Tu ouvres ta valise. Tu la remplis. Et au bout de trois jours sur place, tu portes toujours les trois mêmes tenues.
Le reste ? Il prend de la place. Il pèse dans le sac. Et il rentre à la maison sans avoir servi une seule fois.
Ce n’est pas un problème de valise trop petite. C’est un problème de décision. Le même que je retrouve dans les dressings de mes clientes : on emporte pour une version fantasmée du séjour, pas pour le séjour réel.

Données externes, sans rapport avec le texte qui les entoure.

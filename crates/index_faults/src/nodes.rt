// The node of a line.
ghost use Rattle.std.specs.Prelude.{◌≡◌, IfOk, IfSome, IfNone};
ghost use Rattle.index_node.specs.declared.node.IndexNode.{IndexNode as Node};
ghost use Rattle.sorted_index_laws.specs.Inner.Steps.{IsKnownAs};

use index_node::{IndexNode, read_node};
use line_view::{Seen, View};
use rdb_types::{Dbkey, NoMemory};
use std::alloc::Global;

/// The node that stands on a line, where one is known to.
pub(crate) fn node_at<V: View>(
    alloc: Global,
    view: &V,
    at: Dbkey,
) -> Result<Option<IndexNode>, NoMemory>
    ensures some { IfOk result (λ read. IfSome read (IsKnownAs ((V.knows view.now).line at))) }
    ensures none { IfOk result (λ read. IfNone read ((node : Node) → IsKnownAs ((V.knows view.now).line at) node → ⊥)) }
{
    match view.line(at) {
        Seen::Unknown | Seen::Absent => Ok(None),
        Seen::Present(image) => read_node(alloc, image),
    }
}
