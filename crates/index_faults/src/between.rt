// Whether pairs stand between the entries of a node.
ghost use Rattle.std.specs.Prelude.{◌≡◌, ◌<◌, length};
ghost use Rattle.std.specs.List.{list_all};
ghost use Rattle.std.specs.Ordering.{is_le, is_lt};
ghost use Rattle.std.specs.Option.{option_copied};
ghost use Rattle.index_node.specs.declared.entry.NodeEntry.{NodeEntry as Entry};
ghost use Rattle.index_node.specs.Order.{entry_order as entry_order_of};
ghost use Rattle.index_faults.specs.Walks.{are_from as are_from_of, are_below as are_below_of, low_at as low_at_of, are_between as are_between_of};

use index_node::{NodeEntry, entry_order};

fn are_all_from(low: &NodeEntry, pairs: &[NodeEntry]) -> bool
    ensures { result ≡ list_all (λ (p : Entry). is_le (entry_order_of low.now p)) pairs.now }
{
    pairs.iter().all(|pair| entry_order(low, pair).is_le())
}

fn are_all_below(high: &NodeEntry, pairs: &[NodeEntry]) -> bool
    ensures { result ≡ list_all (λ (p : Entry). is_lt (entry_order_of p high.now)) pairs.now }
{
    pairs.iter().all(|pair| entry_order(pair, high).is_lt())
}

fn are_from(low: Option<&NodeEntry>, pairs: &[NodeEntry]) -> bool
    ensures { result ≡ are_from_of (option_copied low.entry) pairs.now }
{
    match low {
        None => true,
        Some(low) => are_all_from(low, pairs),
    }
}

fn are_below(high: Option<&NodeEntry>, pairs: &[NodeEntry]) -> bool
    ensures { result ≡ are_below_of (option_copied high.entry) pairs.now }
{
    match high {
        None => true,
        Some(high) => are_all_below(high, pairs),
    }
}

// The entry that bounds what is below a child from below: its own, but for the first.
fn low_at(place: usize, entries: &[NodeEntry]) -> Option<&NodeEntry>
    ensures { option_copied result ≡ low_at_of place entries.now }
{
    if place == 0 { None } else { entries.get(place) }
}

/// Whether the pairs below the child at a place are at or above its entry, but for the first, and below the next one.
pub(crate) fn are_between(place: usize, entries: &[NodeEntry], pairs: &[NodeEntry]) -> bool
    requires { place < length entries.now }
    ensures { result ≡ are_between_of place entries.now pairs.now }
{
    are_from(low_at(place, entries), pairs) && are_below(entries.get(place + 1), pairs)
}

Une étude sur les habitudes de préparation des bagages confirme le chiffre : plus de 7 voyageurs sur 10 admettent avoir trop rempli leur valise, et 4 sur 10 rentrent chez eux avec des vêtements qu’ils n’ont même pas portés une fois.
Le principe
Une méthode circule beaucoup en ce moment, inspirée du jeu sudoku.

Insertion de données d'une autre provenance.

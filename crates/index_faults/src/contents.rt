// What an index holds, compared with the rows of its relation.
ghost use Rattle.std.specs.Prelude.{◌≡◌, ℕ, List, true, false, length, IfOk, IfSome, IfNone};
ghost use Rattle.std.specs.List.{AllByRecursion};
ghost use Rattle.std.specs.Ordering.{is_eq};
ghost use Rattle.rdb_types.specs.declared.keys.Dbkey.{Dbkey as Place};
ghost use Rattle.rdb_types.specs.Order.{row_order as row_order_of};
ghost use Rattle.rdb_meaning.specs.Contents.{Row as RowOf, key_of as key_at};
ghost use Rattle.line_view.specs.Knowledge.{Lines, IsInOrder, Agrees};
ghost use Rattle.relation_rows.specs.Stored.{IsAreaKnown};
ghost use Rattle.std.specs.List.Sorted.{IsStrictlySortedBy};
ghost use Rattle.index_node.specs.Order.{entry_order};
ghost use Rattle.index_faults.specs.Contents.{IsPairAt, keys_differ_from as keys_differ_from_of, keys_differ as keys_differ_of, HasTheRows, HoldsRows};

use catalog_lines::IndexLine;
use index_node::NodeEntry;
use line_faults::row_faults;
use line_view::{Stop, View};
use rdb_types::{Keys, NoMemory, Value, row_order};
use relation_rows::{StoredRelation, row};
use std::alloc::Global;
use stored_rows::key_of;

/// What a comparison of an index with its rows says. It isn't judged where the relation has lines that are no rows of it.
#[derive(Clone, Copy, Debug, PartialEq, Eq)]
pub enum Judgement {
    Holds,
    Differs,
    Unjudged,
}

fn has_key(
    alloc: Global,
    positions: &[u16],
    row: &[Value],
    pair: &NodeEntry,
) -> Result<bool, NoMemory>
    ensures { IfOk result (λ same. same ≡ is_eq (row_order_of pair.now.key (key_at positions.now row.now))) }
{
    let key = key_of(alloc, positions, row)?;
    Ok(row_order(pair.key.as_slice(), key.as_slice()).is_eq())
}

// Whether a pair is that of a row.
fn pair_stands<V: View>(
    alloc: Global,
    view: &V,
    relation: &StoredRelation<'_>,
    positions: &[u16],
    pair: &NodeEntry,
) -> Result<bool, NoMemory>
    ensures yes { IfOk result (λ stands. stands ≡ true → IsPairAt (V.knows view.now) relation.now positions.now pair.now) }
    ensures no { IfOk result (λ stands. stands ≡ false → IsPairAt (V.knows view.now) relation.now positions.now pair.now → ⊥) }
{
    if pair.child.is_some() || pair.row.area != relation.area {
        return Ok(false);
    }
    match row(alloc, view, relation, pair.row) {
        Ok(Some(row)) => has_key(alloc, positions, row.as_slice(), pair),
        Ok(None) => Ok(false),
        Err(Stop::Bad(_)) => Ok(false),
        Err(Stop::Missing(_)) => Ok(false),
        Err(Stop::NoMemory) => Err(NoMemory {}),
    }
}

fn all_stand<V: View>(
    alloc: Global,
    view: &V,
    relation: &StoredRelation<'_>,
    positions: &[u16],
    pairs: &[NodeEntry],
) -> Result<bool, NoMemory>
    ensures yes { IfOk result (λ stand. stand ≡ true
        → AllByRecursion (IsPairAt (V.knows view.now) relation.now positions.now) pairs.now) }
    ensures no { IfOk result (λ stand. stand ≡ false
        → AllByRecursion (IsPairAt (V.knows view.now) relation.now positions.now) pairs.now → ⊥) }
{
    for pair in pairs {
        if !pair_stands(alloc, view, relation, positions, pair)? {
            return Ok(false);
        }
    }
    Ok(true)
}

fn keys_differ_from(first: &NodeEntry, rest: &[NodeEntry]) -> bool
    ensures { result ≡ keys_differ_from_of first.now rest.now }
{
    let mut before = first;
    for pair in rest {
        if row_order(before.key.as_slice(), pair.key.as_slice()).is_eq() {
            return false;
        }
        before = pair;
    }
    true
}

fn keys_differ(pairs: &[NodeEntry]) -> bool
    ensures { result ≡ keys_differ_of pairs.now }
{
    match pairs {
        [] => true,
        [first, rest @ ..] => keys_differ_from(first, rest),
    }
}

fn is_unique(index: &IndexLine, pairs: &[NodeEntry]) -> bool
    ensures yes { result ≡ true → index.now.unique ≡ true → keys_differ_of pairs.now ≡ true }
    ensures no { result ≡ false → (index.now.unique ≡ true) × (keys_differ_of pairs.now ≡ false) }
{
    !index.unique || keys_differ(pairs)
}

// How many rows the relation has, where each line of its area is one. No row stays in memory.
fn count_rows<V: View>(
    alloc: Global,
    view: &V,
    relation: &StoredRelation<'_>,
) -> Result<Option<usize>, NoMemory>
    requires { IsAreaKnown (V.knows view.now) relation.now.area }
    ensures some { IfOk result (λ counted. IfSome counted (λ count. (all : Lines) → IsInOrder all → Agrees (V.knows view.now) all
        → (rows : List (Place × RowOf)) → HasTheRows relation.now all rows → count ≡ length rows)) }
    ensures none { IfOk result (λ counted. IfNone counted ((all : Lines) → IsInOrder all → Agrees (V.knows view.now) all
        → (rows : List (Place × RowOf)) → HasTheRows relation.now all rows → ⊥)) }
{
    let mut faults = Keys::new(alloc);
    row_faults(alloc, view, relation, &mut faults)?;
    if !faults.is_empty() {
        return Ok(None);
    }
    match view.area(relation.area) {
        Some(keys) => Ok(Some(keys.len())),
        None => unreachable!(),
    }
}

/// Compares the pairs of an index, in their order, with the rows of its relation, in a view that knows the relation's area. The index holds exactly a pair for each row, and where it is unique no two of one key, or it differs.
pub fn judge_contents<V: View>(
    alloc: Global,
    view: &V,
    relation: &StoredRelation<'_>,
    index: &IndexLine,
    pairs: &[NodeEntry],
) -> Result<Judgement, NoMemory>
    requires { IsAreaKnown (V.knows view.now) relation.now.area }
    ensures holds { IfOk result (λ judged. judged ≡ Judgement.Holds → (all : Lines) → IsInOrder all → Agrees (V.knows view.now) all
        → (rows : List (Place × RowOf)) → HasTheRows relation.now all rows → IsStrictlySortedBy entry_order pairs.now → HoldsRows index.now.fields index.now.unique pairs.now rows) }
    ensures differs { IfOk result (λ judged. judged ≡ Judgement.Differs → (all : Lines) → IsInOrder all → Agrees (V.knows view.now) all
        → (rows : List (Place × RowOf)) → HasTheRows relation.now all rows → IsStrictlySortedBy entry_order pairs.now → HoldsRows index.now.fields index.now.unique pairs.now rows → ⊥) }
    ensures unjudged { IfOk result (λ judged. judged ≡ Judgement.Unjudged → (all : Lines) → IsInOrder all → Agrees (V.knows view.now) all
        → (rows : List (Place × RowOf)) → HasTheRows relation.now all rows → ⊥) }
{
    let Some(count) = count_rows(alloc, view, relation)? else {
        return Ok(Judgement::Unjudged);
    };
    if count != pairs.len() {
        return Ok(Judgement::Differs);
    }
    if !all_stand(alloc, view, relation, index.fields.as_slice(), pairs)? {
        return Ok(Judgement::Differs);
    }
    if !is_unique(index, pairs) {
        return Ok(Judgement::Differs);
    }
    Ok(Judgement::Holds)
}
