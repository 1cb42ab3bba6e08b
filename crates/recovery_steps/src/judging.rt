// Whether the commit of a session that died stands.
ghost use Rattle.std.specs.Prelude.{◌≡◌, ◌≢◌, ◌+◌, true, false, Bool, Ok, Some, length, slice_get, IsErr, IsTrue};
ghost use Rattle.rdb_outside.specs.Causes.{Rose};
ghost use Rattle.rdb_outside.specs.Disk.{OnlyReads};
ghost use Rattle.journal_scan.specs.Standing.{what_stands};
ghost use Rattle.new_database.specs.Maker.{aij_file};
ghost use Rattle.line_store.specs.Seats.{IsMember};
ghost use Rattle.line_store.specs.Sights.{Steps, stepped_to, MayAnswer, IsLess};
ghost use Rattle.line_store.specs.declared.answers.Stepped.TheVariants as stepped;
ghost use Rattle.stable_lines.specs.Journal.{commit_of};
ghost use Rattle.stable_lines.specs.Progress.{Flight, Progress};
ghost use Rattle.line_moves.specs.Changes.{IsCommitOf};
ghost use Rattle.store_endings.specs.disk_store.declared.member.Member.{Member as Sits};
ghost use Rattle.store_endings.specs.disk_store.declared.member.MemberStage.TheVariants as stage;
ghost use Rattle.store_endings.specs.disk_store.declared.member.Recovery.TheVariants as recovery;
ghost use Rattle.store_endings.specs.disk_store.Grown.{Grow};
ghost use Rattle.store_endings.specs.disk_store.OwnFiles.{WritesOwn};
ghost use Rattle.store_endings.specs.disk_store.Seats.{stand_at, IsAtStage};
ghost use Rattle.store_endings.specs.disk_store.Shown.{DoesOn, sight_of};

use disk_seats::settle;
use line_seat::GroupPlace;
use line_store::{Fault, Stepped};
use member_steps::has_commit;
use rdb_outside::{Disk, Failed};
use rdb_types::Session;
use store_endings::{Held, MemberStage, Recovery};

// Whether the commit slot of a session's group stands in what reads give, where memory says that it would.
fn has_group<D: Disk>(disk: &mut D, held: &Held, s: Session) -> Result<bool, Failed>
    requires member { IsMember s.number }
    requires died { (commits : Bool) × IsAtStage held.now.members s.number (stage.Dead commits recovery.Judging) }
    ensures reads { OnlyReads (D.view disk.old) (D.view disk.new) }
    ensures failed { IsErr result → Rose (D.view disk.old).faults (D.view disk.new).faults }
    ensures stands { result ≡ Ok true → IsTrue (D.view disk.old).tells → (m : Sits) → slice_get held.now.members s.number ≡ Some m
        → (now : Progress) (flight : Flight)
        → IsCommitOf now flight held.now.next.slot held.now.next.number m.tsn (length m.written.lines)
        → what_stands ((D.view disk.new).content aij_file (held.now.next.slot + length m.written.lines)) ≡ commit_of flight.group }
    ensures lost { result ≡ Ok false → IsTrue (D.view disk.old).tells → (m : Sits) → slice_get held.now.members s.number ≡ Some m
        → (now : Progress) (flight : Flight)
        → IsCommitOf now flight held.now.next.slot held.now.next.number m.tsn (length m.written.lines)
        → what_stands ((D.view disk.new).content aij_file (held.now.next.slot + length m.written.lines)) ≢ commit_of flight.group }
{
    held.sound();
    held.keeps_commits();
    let member = held.member(s);
    let next = held.next_group();
    let group = GroupPlace {
        slot: next.slot,
        number: next.number,
        tsn: member.tsn,
    };
    has_commit(disk, group, member.written.lines().len() as u32)
}

/// A step of the recovery of a session that died while its group was on its way to be committed. Behind a barrier the commit slot tells: where it stands, the commit does, and the session is outside; else its before-images are to be put back.
pub fn judge<D: Disk>(
    disk: &mut D,
    held: &mut Held,
    s: Session,
    commits: bool,
) -> Result<Stepped, Fault>
    requires member { IsMember s.number }
    requires died { IsAtStage held.old.members s.number (stage.Dead commits recovery.Judging) }
    ensures answers { MayAnswer (stand_at held.old.members s.number) result }
    ensures comes { DoesOn s.number (stepped_to (stand_at held.old.members s.number) result)
        (Steps s.number result) (D.view disk.old) held.old (D.view disk.new) held.new }
    ensures less { result ≡ Ok stepped.More → IsLess s.number (sight_of (D.view disk.old) held.old) (sight_of (D.view disk.new) held.new) }

    // One slot at most is written, of the database's own files.
    ensures writes { WritesOwn (D.view disk.old) (D.view disk.new) }

    // Pages of areas stay theirs, of their classes.
    ensures grows { Grow held.old.tables held.new.tables }
{
    held.sound();
    held.keeps_commits();
    let Ok(()) = settle(disk) else {
        return Err(Fault::Failed);
    };
    let Ok(stands) = has_group(disk, held, s) else {
        return Err(Fault::Failed);
    };
    if stands {
        held.land(s, MemberStage::Outside);
        return Ok(Stepped::Recovered {
            is_committed: true,
            moment: disk.moment(),
        });
    }
    let left = held.member(s).journalled;
    let recovery = Recovery::Undoing { left };
    held.set_dead(s, MemberStage::Dead { commits, recovery });
    Ok(Stepped::More)
}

L’idée : construire ta valise autour de 9 pièces au lieu de 20, réparties en 3 catégories qui se combinent toutes entre elles.
Pourquoi ça marche vraiment
Cette méthode fonctionne pour une raison précise : elle t’oblige à choisir avant de partir, pas sur place.
La peur qui pousse à sur-remplir une valise, c’est la même qui fait déborder un placard : la peur du manque. « Et si j’avais besoin de… » Sauf qu’un séjour de 10 jours ne devient pas un séjour de 25 vies possibles. C’est 10 jours, avec un programme précis. Ce sont ces mêmes mécanismes que je décortique lors de mes conférences sur le désencombrement.
C’est là que ma méthode SCO : Simplifier, Catégoriser, Organiser, s’applique aussi bien à un dressing qu’à une valise. C’est exactement ce que je mets en place quand j’accompagne des particuliers dans leur organisation à la maison, à Lyon et dans le Grand Lyon : la valise n’est qu’un terrain d’entraînement plus petit, mais la logique de décision est la même.
Simplifier : les 3 questions à se poser avant de mettre une pièce dans sa valise
Pour chaque vêtement que tu hésites à emporter, pose-toi ces 3 questions. Si tu réponds non à une seule, il reste dans le placard.
- Est-ce que je vais vraiment le porter ? Pas « peut-être si ». Pas « on ne sait jamais ». Vraiment, sur ce séjour précis.
- Est-ce que je me sens bien dedans ? À l’aise physiquement, à l’aise émotionnellement, du matin au soir.
- Est-ce que ça correspond au séjour que je vis, pas à celui que j’imagine ? Une tenue de dîner chic pour un road-trip en camping ne répond à aucune des deux questions précédentes.
Catégoriser : la grille 3x3
Une fois les pièces sélectionnées, organise-les en 3 catégories : 3 hauts, 3 bas, 3 couches (veste, gilet, cardigan).
Pose-les sur le lit en grille, une ligne par catégorie. Chaque pièce doit fonctionner avec toutes les autres. Un haut à motifs qui ne va qu’avec un seul pantalon casse la grille, il n’a rien à faire dedans.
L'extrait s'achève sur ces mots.